Strategies to Prevent Child Abuse
Child abuse prevention efforts build on family strengths with the goal of giving families the support they need to love, nurture and protect their children.
Primary child abuse prevention:
- Focuses on preventing child abuse and neglect from ever happening.
- Has been proven to reduce the likelihood of child abuse and neglect.
- Requires the efforts of everyone - policy makers and community members alike.
- Can only be accomplished if measures are taken by the entire community.
Keeping children safe from abuse and neglect is the responsibility of the entire community. Child abuse is an exceptionally complex problem with numerous causes and numerous, wide-ranging consequences that affect each and every one of us.
Communities will be most effective in preventing child abuse if they adopt a comprehensive prevention strategy that offers families a variety of programs, targeted to different populations with differing needs.
The goals of a community-wide comprehensive prevention strategy should be to:
- Increase parents' knowledge and understanding of how children develop and what they can expect at each stage of development.
- Enhance bonding and communication between parents and their children.
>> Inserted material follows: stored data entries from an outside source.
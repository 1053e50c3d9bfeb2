// The events that reach the dock: the body of each kind, and the call that takes it.
use dock::{Accepted, Dock, Policy};
use messages::{Refusal, Request};
use streams::finish::Stop;
use streams::input::{GREATEST, fill, fill_halves, fill_words, read_byte, read_bytes};

// The kinds of event: each is met in one place, so an enum of them would only say them again. From 1 to MOST_OBJECTS, a
// kind is a message of that many objects.
const MOST_OBJECTS: u8 = 7;

const MESSAGE: u8 = 0x08;

const LOAD: u8 = 0x20;

const GIVE: u8 = 0x21;

const NAK: u8 = 0x22;

const BUSY: u8 = 0x23;

const SENT: u8 = 0x30;

const FAILED: u8 = 0x31;

// The bytes of an object.
const OBJECT: u8 = 4;

// The dock's answer to an event.
pub type Answer = Result<Accepted, Refusal>;

fn take_message(length: u8, dock: Dock, output: &mut [u8]) -> Result<Answer, Stop> {
    let mut buffer = [0u8; GREATEST];
    let message = &mut buffer[..usize::from(length)];
    fill(message)?;
    Ok(receiving::message(dock, message, output))
}

fn take_load(dock: Dock) -> Result<Answer, Stop> {
    let [objects, count] = read_bytes::<2>()?;
    let mut words = [0u32; GREATEST];
    let identity = &mut words[..usize::from(objects)];
    fill_words(identity)?;
    let mut halves = [0u16; GREATEST];
    let svids = &mut halves[..usize::from(count)];
    fill_halves(svids)?;
    Ok(loading::load(dock, identity, svids))
}

fn take_answer(policy: Policy, dock: Dock, output: &mut [u8]) -> Result<Answer, Stop> {
    let [low, high, command, position, count] = read_bytes::<5>()?;
    let request = Request {
        svid: u16::from_le_bytes([low, high]),
        command,
        position,
    };
    let mut words = [0u32; GREATEST];
    let objects = &mut words[..usize::from(count)];
    fill_words(objects)?;
    Ok(answering::policy_answer(dock, policy, request, objects, output))
}

pub fn take(kind: u8, dock: Dock, output: &mut [u8]) -> Result<Answer, Stop> {
    match kind {
        1..=MOST_OBJECTS => take_message(OBJECT * kind, dock, output),
        MESSAGE => take_message(read_byte().ok_or(Stop::Cut)?, dock, output),
        LOAD => take_load(dock),
        GIVE => take_answer(Policy::Give, dock, output),
        NAK => take_answer(Policy::Nak, dock, output),
        BUSY => take_answer(Policy::Busy, dock, output),
        SENT => Ok(confirming::sent(dock)),
        FAILED => Ok(confirming::failed(dock)),
        _ => Err(Stop::Unknown),
    }
}
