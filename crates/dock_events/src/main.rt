#![tactic(auto)]

// Drives the dock end by the events on standard input: each gets one line on standard output.
mod event;
mod report;

use dock::{Accepted, Dock};
use report::print_event;
use streams::finish::{AnswersEach, STDOUT, Stop, answer_each};
use streams::input::{GREATEST, read_byte};

// The kind of the event that gives the output buffer another number of bytes. Module `event` has
// the others.
const ROOM: u8 = 0x40;

// How many bytes the output buffer has at the start: those of the longest message.
const FIRST_ROOM: u8 = 28;

// What the output holds before each event, so that a reader sees which bytes were left alone.
const UNWRITTEN: u8 = 0x5A;

// What stays from event to event.
#[derive(Clone, Copy)]
struct State {
    dock: Dock,
    room: u8,
}

fn answer_room(number: u64, dock: Dock) -> Result<State, Stop> {
    let room = read_byte().ok_or(Stop::Cut)?;
    let output = [UNWRITTEN; GREATEST];
    let unchanged = Accepted { length: 0, dock };
    print_event(number, Ok(unchanged), dock, &output[..usize::from(room)]);
    Ok(State { dock, room })
}

fn answer_event(number: u64, kind: u8, state: State) -> Result<State, Stop> {
    let mut buffer = [UNWRITTEN; GREATEST];
    let output = &mut buffer[..usize::from(state.room)];
    let answer = event::take(kind, state.dock, output)?;
    let dock = match answer {
        Ok(accepted) => accepted.dock,
        Err(_) => state.dock,
    };
    print_event(number, answer, dock, output);
    Ok(State { dock, ..state })
}

fn answer_next(number: u64, state: State) -> Result<State, Stop> {
    match read_byte().ok_or(Stop::Ended)? {
        ROOM => answer_room(number, state.dock),
        kind => answer_event(number, kind, state),
    }
}

impl AnswersEach for State {
    fn answer(&mut self, number: u64) -> Result<(), Stop> {
        *self = answer_next(number, *self)?;
        Ok(())
    }
}

fn main() {
    io::write_all(
        STDOUT,
        b"event refusal length buffer standing page count edition\n",
    );
    let mut state = State {
        dock: dock::fresh(),
        room: FIRST_ROOM,
    };
    answer_each(0, &mut state).print(b" events\n");
}
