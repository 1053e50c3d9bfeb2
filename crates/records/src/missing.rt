// Why no whole record stands at a place of some bytes: a kind that there is not, a body that is cut, or the end of the
// bytes.
ghost use Rattle.std.specs.Prelude.{◌≡◌};
ghost use Rattle.records.specs.Records.{found_number};
ghost use Rattle.records.specs.Refused.{refusal_for};
ghost use Rattle.records.specs.Shown.{as_found};

use crate::Whole;
use messages::Refusal;

#[derive(Clone, Copy, PartialEq, Eq)]
pub enum Missing {
    Unknown,
    Cut,
    Nothing,
}

// Bytes that stop between two records are cut too.
impl From<Missing> for Refusal {
    ghost from_gives = { λ missing refusal. refusal ≡ refusal_for missing };

    fn from(missing: Missing) -> Refusal {
        match missing {
            Missing::Unknown => Refusal::UnknownKind,
            Missing::Cut | Missing::Nothing => Refusal::CutRecord,
        }
    }
}

// The refusal number of what was found, 0 for a whole record.
pub fn fault_of(found: Result<Whole, Missing>) -> u8
    ensures { result ≡ found_number (as_found found) }
{
    match found {
        Ok(_) => 0,
        Err(missing) => u8::from(Refusal::from(missing)),
    }
}
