// The record reader: the caller's bytes and an offset, which may be any. Each method takes it apart, and leaves the
// work to one over plain slices.
ghost use Rattle.std.specs.Prelude.{◌≡◌};
ghost use Rattle.records.specs.Records.{found_at};
ghost use Rattle.records.specs.Shown.{as_found};

use crate::{Missing, Whole, record_at};

#[derive(Clone, Copy)]
pub struct Reader<'a> {
    pub bytes: &'a [u8],
    pub at: usize,
}

impl<'a> Reader<'a> {
    // A reader that stands at the front.
    pub fn over(bytes: &'a [u8]) -> Reader<'a>
        ensures { (result.bytes ≡ bytes.entry) × (result.at ≡ 0) }
    {
        Reader { bytes, at: 0 }
    }

    // The same bytes, and another offset.
    pub fn moved(self, at: usize) -> Reader<'a>
        ensures { (result.bytes ≡ self.entry.bytes) × (result.at ≡ at) }
    {
        Reader { at, ..self }
    }

    // Where it stands.
    pub fn place(self) -> usize
        ensures { result ≡ self.entry.at }
    {
        self.at
    }

    // The record that stands there, or why there is none.
    pub fn next(self) -> Result<Whole, Missing>
        ensures { as_found result ≡ found_at self.entry.bytes.now self.entry.at }
    {
        record_at(self.bytes, self.at)
    }
}

// The same by a plain slice and an offset, for whoever walks.
pub fn record_from(bytes: &[u8], at: usize) -> Result<Whole, Missing>
    ensures { as_found result ≡ found_at bytes.now at }
{
    Reader::over(bytes).moved(at).next()
}
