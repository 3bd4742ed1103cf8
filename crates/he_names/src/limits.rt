//! The limits of the files and the answers.

/// The maximum number of name servers used from the configuration file (resolver(5), MAXNS).
pub const MOST_SERVERS: usize = 3;

/// The maximum number of domains of a search list.
pub const MOST_DOMAINS: usize = 32;

/// The number of dots from which on a name is first queried as it is: the default and the maximum.
pub const DEFAULT_NDOTS: u64 = 1;

pub const MOST_NDOTS: u64 = 15;

/// The time that a server has for its answer, in seconds: the minimum, the default and the maximum.
pub const LEAST_TIMEOUT: u64 = 1;

pub const DEFAULT_TIMEOUT: u64 = 5;

pub const MOST_TIMEOUT: u64 = 30;

/// The number of rounds through the servers: the minimum, the default and the maximum.
pub const LEAST_ATTEMPTS: u64 = 1;

pub const DEFAULT_ATTEMPTS: u64 = 2;

pub const MOST_ATTEMPTS: u64 = 5;

/// The maximum number of addresses kept of an answer, that of a timeline line.
pub const MOST_ADDRESSES: usize = 256;

/// The maximum length of an interface name on Linux, in bytes (IFNAMSIZ without the final NUL).
pub const MOST_INTERFACE_BYTES: usize = 15;

/// The minimum and the maximum port of a connection.
pub const LEAST_PORT: u64 = 1;

pub const MOST_PORT: u64 = 65_535;
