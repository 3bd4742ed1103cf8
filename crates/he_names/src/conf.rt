//! The resolver configuration file.

ghost use Rattle.std.specs.Prelude.{◌≡◌, IfOk, codes, map};
ghost use Rattle.std.specs.Option.{option_map, option_to_list};
ghost use Rattle.he_names.specs.Fields.{texts};
ghost use Rattle.he_names.specs.Literals.{zoned_of};
ghost use Rattle.he_names.specs.Conf.{domains_of, entry_of, has_option, last_of, last_search, number_behind, numbers_behind, numbers_in, numbers_of, option_in, search_in, server_of, servers_in, sets};

use crate::fields::{fields, has_text, is_blank, is_text, lines};
use crate::limits::{
    DEFAULT_ATTEMPTS, DEFAULT_NDOTS, DEFAULT_TIMEOUT, LEAST_ATTEMPTS, LEAST_TIMEOUT, MOST_ATTEMPTS,
    MOST_DOMAINS, MOST_NDOTS, MOST_SERVERS, MOST_TIMEOUT,
};
use crate::literals::{ZonedIp, read_zoned};
use he_addr::{Ip, Memory, read_number};
use std::alloc::Allocator;

const OWN_SERVER: ZonedIp<'static> = ZonedIp {
    ip: Ip::V4(0x7f00_0001),
    zone: None,
};

/// The name servers of a resolver configuration file: the first three, or 127.0.0.1 if it has none. Invalid lines are
/// ignored. A link-local server has its interface as its zone.
///
/// # Errors
///
/// [`Memory`] if an allocation failed.
pub fn read_servers<'t, A: Allocator + Copy>(
    alloc: A,
    text: &'t [u8],
) -> Result<Vec<ZonedIp<'t>, A>, Memory>
    ensures { IfOk result (λ servers. map zoned_of servers.items ≡ servers_in text.now) }
{
    let lines = lines(alloc, text)?;
    let mut servers = Vec::new(alloc);
    for line in &lines {
        let entry = entry(alloc, line)?;
        if let Some(server) = server_of(entry.as_slice()) {
            servers.push(server)?;
        }
    }
    servers.truncate(MOST_SERVERS);
    if servers.is_empty() {
        servers.push(OWN_SERVER)?;
    }
    Ok(servers)
}

/// The search list of a resolver configuration file: the first 32 domains of the last `search` or `domain` line.
///
/// # Errors
///
/// [`Memory`] if an allocation failed.
pub fn read_search<'t, A: Allocator + Copy>(
    alloc: A,
    text: &'t [u8],
) -> Result<Vec<&'t [u8], A>, Memory>
    ensures { IfOk result (λ domains. texts domains.items ≡ search_in text.now) }
{
    let mut search = last_search(alloc, text)?;
    search.truncate(MOST_DOMAINS);
    Ok(search)
}

// The whole of the last search list.
fn last_search<'t, A: Allocator + Copy>(
    alloc: A,
    text: &'t [u8],
) -> Result<Vec<&'t [u8], A>, Memory>
    ensures { IfOk result (λ domains. texts domains.items ≡ last_search text.now) }
{
    let lines = lines(alloc, text)?;
    let mut search = Vec::new(alloc);
    for line in &lines {
        let entry = entry(alloc, line)?;
        let domains = domains_of(entry.as_slice());
        if !domains.is_empty() {
            search.clear();
            search.extend_from_slice(domains)?;
        }
    }
    Ok(search)
}

/// The number of dots from which on a name is first queried as it is (`ndots`), 0 to 15; 1 if the file doesn't set
/// it.
///
/// # Errors
///
/// [`Memory`] if an allocation failed.
pub fn read_ndots<A: Allocator + Copy>(alloc: A, text: &[u8]) -> Result<u64, Memory>
    ensures { IfOk result (λ ndots. ndots ≡ option_in (codes "ndots:") 0 1 15 text.now) }
{
    let ndots = last_option(alloc, text, b"ndots:", DEFAULT_NDOTS)?;
    Ok(ndots.min(MOST_NDOTS))
}

/// The time that a server has for its answer (`timeout`), in seconds, 1 to 30; 5 if the file doesn't set it.
///
/// # Errors
///
/// [`Memory`] if an allocation failed.
pub fn read_timeout<A: Allocator + Copy>(alloc: A, text: &[u8]) -> Result<u64, Memory>
    ensures { IfOk result (λ seconds. seconds ≡ option_in (codes "timeout:") 1 5 30 text.now) }
{
    let seconds = last_option(alloc, text, b"timeout:", DEFAULT_TIMEOUT)?;
    Ok(seconds.min(MOST_TIMEOUT).max(LEAST_TIMEOUT))
}

/// The number of rounds through the servers (`attempts`), 1 to 5; 2 if the file doesn't set it.
///
/// # Errors
///
/// [`Memory`] if an allocation failed.
pub fn read_attempts<A: Allocator + Copy>(alloc: A, text: &[u8]) -> Result<u64, Memory>
    ensures { IfOk result (λ attempts. attempts ≡ option_in (codes "attempts:") 1 2 5 text.now) }
{
    let attempts = last_option(alloc, text, b"attempts:", DEFAULT_ATTEMPTS)?;
    Ok(attempts.min(MOST_ATTEMPTS).max(LEAST_ATTEMPTS))
}

/// Whether the servers are queried over TCP only (`use-vc`).
///
/// # Errors
///
/// [`Memory`] if an allocation failed.
pub fn read_use_vc<A: Allocator + Copy>(alloc: A, text: &[u8]) -> Result<bool, Memory>
    ensures { IfOk result (λ set. set ≡ has_option (codes "use-vc") text.now) }
{
    has_option(alloc, text, b"use-vc")
}

/// Whether name servers are not queried for IPv6 addresses (`no-aaaa`).
///
/// # Errors
///
/// [`Memory`] if an allocation failed.
pub fn read_no_aaaa<A: Allocator + Copy>(alloc: A, text: &[u8]) -> Result<bool, Memory>
    ensures { IfOk result (λ set. set ≡ has_option (codes "no-aaaa") text.now) }
{
    has_option(alloc, text, b"no-aaaa")
}

// Whether the file sets the option.
fn has_option<A: Allocator + Copy>(alloc: A, text: &[u8], name: &[u8]) -> Result<bool, Memory>
    ensures { IfOk result (λ has. has ≡ has_option name.now text.now) }
{
    let lines = lines(alloc, text)?;
    let mut has = false;
    for line in &lines {
        let entry = entry(alloc, line)?;
        has = has || sets(entry.as_slice(), name);
    }
    Ok(has)
}

fn sets(entry: &[&[u8]], name: &[u8]) -> bool
    ensures { result ≡ sets name.now (texts entry.now) }
{
    match entry {
        [keyword, options @ ..] => is_text(keyword, b"options") && has_text(options, name),
        [] => false,
    }
}

// The last number that the file gives for the option.
fn last_option<A: Allocator + Copy>(
    alloc: A,
    text: &[u8],
    name: &[u8],
    default: u64,
) -> Result<u64, Memory>
    ensures { IfOk result (λ number. number ≡ last_of default (numbers_in name.now text.now)) }
{
    let lines = lines(alloc, text)?;
    let mut number = default;
    for line in &lines {
        let entry = entry(alloc, line)?;
        number = last_number(entry.as_slice(), name, number);
    }
    Ok(number)
}

// The fields of a line; none if it begins with a blank.
#[tactic(auto, unfolding(crate::specs::Conf::entry_of))]
fn entry<A: Allocator>(alloc: A, line: &[u8]) -> Result<Vec<&[u8], A>, Memory>
    ensures { IfOk result (λ entry. texts entry.items ≡ entry_of line.now) }
{
    match line {
        [] => Ok(Vec::new(alloc)),
        [byte, ..] if is_blank(*byte) => Ok(Vec::new(alloc)),
        _ => fields(alloc, line),
    }
}

fn server_of<'t>(entry: &[&'t [u8]]) -> Option<ZonedIp<'t>>
    ensures { option_map zoned_of result ≡ server_of (texts entry.now) }
{
    match entry {
        [keyword, address, ..] => {
            if is_text(keyword, b"nameserver") {
                read_zoned(address)
            } else {
                None
            }
        }
        _ => None,
    }
}

fn domains_of<'e, 't>(entry: &'e [&'t [u8]]) -> &'e [&'t [u8]]
    ensures { texts result.now ≡ domains_of (texts entry.now) }
{
    match entry {
        [keyword, _, ..] => {
            if is_text(keyword, b"search") {
                &entry[1..]
            } else if is_text(keyword, b"domain") {
                &entry[1..2]
            } else {
                &[]
            }
        }
        _ => &[],
    }
}

// The last number that an `options` entry gives for the name, or else `before`.
fn last_number(entry: &[&[u8]], name: &[u8], before: u64) -> u64
    ensures { result ≡ last_of before (numbers_of name.now (texts entry.now)) }
{
    match entry {
        [keyword, options @ ..] if is_text(keyword, b"options") => {
            last_behind(options, name, before)
        }
        _ => before,
    }
}

fn last_behind(options: &[&[u8]], name: &[u8], before: u64) -> u64
    ensures { result ≡ last_of before (numbers_behind name.now (texts options.now)) }
{
    let mut last = before;
    for option in options {
        last = later(number_behind(option, name), last);
    }
    last
}

fn later(number: Option<u64>, before: u64) -> u64
    ensures { result ≡ last_of before (option_to_list number) }
{
    match number {
        Some(number) => number,
        None => before,
    }
}

fn number_behind(option: &[u8], name: &[u8]) -> Option<u64>
    ensures { result ≡ number_behind name.now option.now }
{
    read_number(option.strip_prefix(name)?)
}
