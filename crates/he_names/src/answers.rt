//! The answers for a name: a family's addresses, and the timeline line that states them.

ghost use Rattle.std.specs.Prelude.{◌≡◌, ◌++◌, ◌∷◌, IfOk, OnOk, filter, take};
ghost use Rattle.std.specs.List.{flat_map, list_any};
ghost use Rattle.he_addr.specs.Ip.{is_of, same_ip};
ghost use Rattle.he_addr.specs.Printing.{printed};
ghost use Rattle.he_names.specs.Answers.{IsAnswer, answer_line, cleaned, each_once, told};

use crate::limits::MOST_ADDRESSES;
use he_addr::{Family, Ip, Memory, write_ip, write_number};
use std::alloc::Allocator;

/// The addresses of the family, each once, at its first place; of these the first 256, the maximum of a timeline
/// line.
///
/// # Errors
///
/// [`Memory`] if an allocation failed.
pub fn clean_of<A: Allocator + Copy>(
    alloc: A,
    family: Family,
    ips: &[Ip],
) -> Result<Vec<Ip, A>, Memory>
    ensures value { IfOk result (λ kept. kept.items ≡ cleaned family ips.now) }
    ensures answer { IfOk result (λ kept. IsAnswer family kept.items) }
{
    let own = of_family(alloc, family, ips)?;
    let kept = clean(alloc, &own)?;
    Ok(kept)
}

fn of_family<A: Allocator + Copy>(
    alloc: A,
    family: Family,
    ips: &[Ip],
) -> Result<Vec<Ip, A>, Memory>
    ensures { IfOk result (λ own. own.items ≡ filter (is_of family) ips.now) }
{
    let mut own = Vec::new(alloc);
    for ip in ips {
        if is_of(family, *ip) {
            own.push(*ip)?;
        }
    }
    Ok(own)
}

fn is_of(family: Family, ip: Ip) -> bool
    ensures { result ≡ is_of family ip }
{
    ip.family() == family
}

// The addresses each once; of these the first 256.
fn clean<A: Allocator + Copy>(alloc: A, ips: &[Ip]) -> Result<Vec<Ip, A>, Memory>
    ensures { IfOk result (λ kept. kept.items ≡ take 256 (each_once ips.now)) }
{
    let mut kept = Vec::new(alloc);
    for ip in ips {
        if !has(&kept, *ip) {
            kept.push(*ip)?;
        }
    }
    kept.truncate(MOST_ADDRESSES);
    Ok(kept)
}

fn has(ips: &[Ip], ip: Ip) -> bool
    ensures { result ≡ list_any (λ other. same_ip other ip) ips.now }
{
    ips.contains(&ip)
}

// Appends an answer as a line of a timeline: its word, its tick, and its addresses, or `none`.
pub(crate) fn write_answer<A: Allocator + Copy>(
    word: &[u8],
    tick: u64,
    ips: &[Ip],
    out: &mut Vec<u8, A>,
) -> Result<(), Memory>
    ensures { OnOk result (out.new.items ≡ out.old.items ++ answer_line word.now tick ips.now) }
{
    out.extend_from_slice(word)?;
    out.push(b' ')?;
    write_number(tick, out)?;
    write_told(ips, out)?;
    out.push(b'\n')?;
    Ok(())
}

// The addresses, or `none`.
fn write_told<A: Allocator + Copy>(ips: &[Ip], out: &mut Vec<u8, A>) -> Result<(), Memory>
    ensures { OnOk result (out.new.items ≡ out.old.items ++ told ips.now) }
{
    if ips.is_empty() {
        out.extend_from_slice(b" none")?;
        return Ok(());
    }
    write_addresses(ips, out)
}

// The addresses, each after a space.
fn write_addresses<A: Allocator + Copy>(ips: &[Ip], out: &mut Vec<u8, A>) -> Result<(), Memory>
    ensures { OnOk result (out.new.items ≡ out.old.items ++ flat_map (λ ip. 32 ∷ printed ip) ips.now) }
{
    for ip in ips {
        out.push(b' ')?;
        write_ip(*ip, out)?;
    }
    Ok(())
}
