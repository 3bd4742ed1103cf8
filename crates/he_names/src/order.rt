//! The names that are queried for a host.

ghost use Rattle.std.specs.Prelude.{◌≡◌, ◌++◌, [], ◌∷◌, IfOk, OnOk, filter, if◌then◌else◌, map, not};
ghost use Rattle.std.specs.List.{list_any};
ghost use Rattle.he_names.specs.Fields.{texts};
ghost use Rattle.he_names.specs.Order.{dots, is_absolute, is_root, names_of, undotted, within};

use he_addr::Memory;
use std::alloc::Allocator;

const DOT: u8 = b'.';

/// The names to query for a host, in order (resolver(5)). A host that ends in a dot is queried only as it is; any
/// other host also in each domain of the search list: after itself if it has at least `ndots` dots, otherwise before
/// itself. A dot that begins a domain is dropped, and in the domain `.` the host is queried as it is.
///
/// # Errors
///
/// [`Memory`] if an allocation failed.
pub fn names_to_ask<A: Allocator + Copy>(
    alloc: A,
    host: &[u8],
    ndots: u64,
    search: &[&[u8]],
) -> Result<Vec<Vec<u8, A>, A>, Memory>
    ensures { IfOk result (λ names. map (λ name. name.items) names.items
        ≡ names_of host.now ndots (texts search.now)) }
{
    let mut names = Vec::new(alloc);
    if is_absolute(host) {
        push_host(alloc, host, &mut names)?;
    } else if ndots <= dots(host) {
        push_host(alloc, host, &mut names)?;
        push_below(alloc, host, search, &mut names)?;
    } else {
        push_within(alloc, host, search, &mut names)?;
        push_last(alloc, host, search, &mut names)?;
    }
    Ok(names)
}

fn is_absolute(name: &[u8]) -> bool
    ensures { result ≡ is_absolute name.now }
{
    match name {
        [] => false,
        _ => name[name.len() - 1] == DOT,
    }
}

// The host as it is.
fn push_host<A: Allocator + Copy>(
    alloc: A,
    host: &[u8],
    names: &mut Vec<Vec<u8, A>, A>,
) -> Result<(), Memory>
    ensures { OnOk result (map (λ name. name.items) names.new.items
        ≡ map (λ name. name.items) names.old.items ++ host.now ∷ []) }
{
    names.push(Vec::from_slice(alloc, host)?)?;
    Ok(())
}

// The host as it is, unless the search list has the root.
fn push_last<A: Allocator + Copy>(
    alloc: A,
    host: &[u8],
    search: &[&[u8]],
    names: &mut Vec<Vec<u8, A>, A>,
) -> Result<(), Memory>
    ensures { OnOk result (map (λ name. name.items) names.new.items
        ≡ map (λ name. name.items) names.old.items
        ++ (if list_any is_root (texts search.now) then [] else host.now ∷ [])) }
{
    if has_root(search) {
        return Ok(());
    }
    push_host(alloc, host, names)
}

// The host in each domain except the root.
fn push_below<A: Allocator + Copy>(
    alloc: A,
    host: &[u8],
    search: &[&[u8]],
    names: &mut Vec<Vec<u8, A>, A>,
) -> Result<(), Memory>
    ensures { OnOk result (map (λ name. name.items) names.new.items ≡ map (λ name. name.items) names.old.items
        ++ map (within host.now) (filter (λ domain. not (is_root domain)) (texts search.now))) }
{
    for domain in search {
        if !is_root(domain) {
            names.push(name_within(alloc, host, domain)?)?;
        }
    }
    Ok(())
}

// The host in each domain.
fn push_within<A: Allocator + Copy>(
    alloc: A,
    host: &[u8],
    search: &[&[u8]],
    names: &mut Vec<Vec<u8, A>, A>,
) -> Result<(), Memory>
    ensures { OnOk result (map (λ name. name.items) names.new.items
        ≡ map (λ name. name.items) names.old.items ++ map (within host.now) (texts search.now)) }
{
    for domain in search {
        names.push(name_within(alloc, host, domain)?)?;
    }
    Ok(())
}

fn name_within<A: Allocator + Copy>(
    alloc: A,
    host: &[u8],
    domain: &[u8],
) -> Result<Vec<u8, A>, Memory>
    ensures { IfOk result (λ name. name.items ≡ within host.now domain.now) }
{
    let mut name = Vec::from_slice(alloc, host)?;
    if is_root(domain) {
        return Ok(name);
    }
    name.push(DOT)?;
    name.extend_from_slice(undotted(domain))?;
    Ok(name)
}

fn undotted(domain: &[u8]) -> &[u8]
    ensures { result.now ≡ undotted domain.now }
{
    match domain {
        [DOT, rest @ ..] => rest,
        _ => domain,
    }
}

fn is_root(domain: &[u8]) -> bool
    ensures { result ≡ is_root domain.now }
{
    undotted(domain).is_empty()
}

fn has_root(search: &[&[u8]]) -> bool
    ensures { result ≡ list_any is_root (texts search.now) }
{
    search.iter().any(|domain| is_root(domain))
}

pub(crate) fn dots(name: &[u8]) -> u64
    ensures { result ≡ dots name.now }
{
    name.iter().filter(|byte| **byte == DOT).count() as u64
}
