// The lines of a system file, and their fields.

ghost use Rattle.std.specs.Prelude.{◌≡◌, ◌==◌, IfOk, position};
ghost use Rattle.std.specs.List.{list_any};
ghost use Rattle.std.specs.Str.{bytes_eq};
ghost use Rattle.he_names.specs.Fields.{before, fields_of, is_blank, lines_of, texts};

use he_addr::Memory;
use std::alloc::Allocator;

pub(crate) const LINE_END: u8 = b'\n';

pub(crate) fn is_text(a: &[u8], b: &[u8]) -> bool
    ensures { result ≡ bytes_eq a.now b.now }
{
    a == b
}

// Whether one of the others equals the text.
pub(crate) fn has_text(others: &[&[u8]], text: &[u8]) -> bool
    ensures { result ≡ list_any (bytes_eq text.now) (texts others.now) }
{
    others.iter().any(|other| is_text(text, other))
}

pub(crate) fn is_blank(byte: u8) -> bool
    ensures { result ≡ is_blank byte }
{
    byte == b' ' || byte == b'\t' || byte == b'\r'
}

pub(crate) fn find(text: &[u8], mark: u8) -> Option<usize>
    ensures { result ≡ position (λ byte. byte == mark) text.now }
{
    text.iter().position(|byte| *byte == mark)
}

// The text up to the first mark.
pub(crate) fn before(text: &[u8], mark: u8) -> &[u8]
    ensures { result.now ≡ before mark text.now }
{
    match find(text, mark) {
        Some(at) => &text[..at],
        None => text,
    }
}

// The lines of a text.
pub(crate) fn lines<A: Allocator>(alloc: A, text: &[u8]) -> Result<Vec<&[u8], A>, Memory>
    ensures { IfOk result (λ lines. texts lines.items ≡ lines_of text.now) }
{
    text.split(|byte| *byte == LINE_END).collect(alloc)
}

// The fields of a line, separated by blanks.
#[tactic(auto, unfolding(crate::specs::Fields::fields_of))]
pub(crate) fn fields<A: Allocator>(alloc: A, line: &[u8]) -> Result<Vec<&[u8], A>, Memory>
    ensures { IfOk result (λ fields. texts fields.items ≡ fields_of line.now) }
{
    line.split(|byte| is_blank(*byte))
        .filter(|field| !field.is_empty())
        .collect(alloc)
}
- Increase parents' skills in coping with the stresses of caring for children with special needs.
- Increase parents knowledge about managing homes and families.
- Reduce the burden of child care.
- Increase access the social and health-care services for all community members.
To achieve these goals, community-wide comprehensive prevention strategies should include:
- Programs that support new and expecting parents by helping them prepare for the challenges of child care.
- Programs that educate parents about child care and child development.
- Child care opportunities for working parents and for parents who need respite from the stresses of their responsibilities.
- Programs that teach children how to protect themselves from abuse.
- Life skills training that helps children and young adults learn the interpersonal communication skills they need to thrive as kids and later as adults and parents.
- Self-help groups, peer-support systems, and other neighborhood support programs to reduce the isolation experienced by many parents.
- 24-hour crisis care programs that provide immediate assistance to parents in a time of crisis by offering a telephone helpline, crisis caretakers, crisis nurseries, and crisis counseling.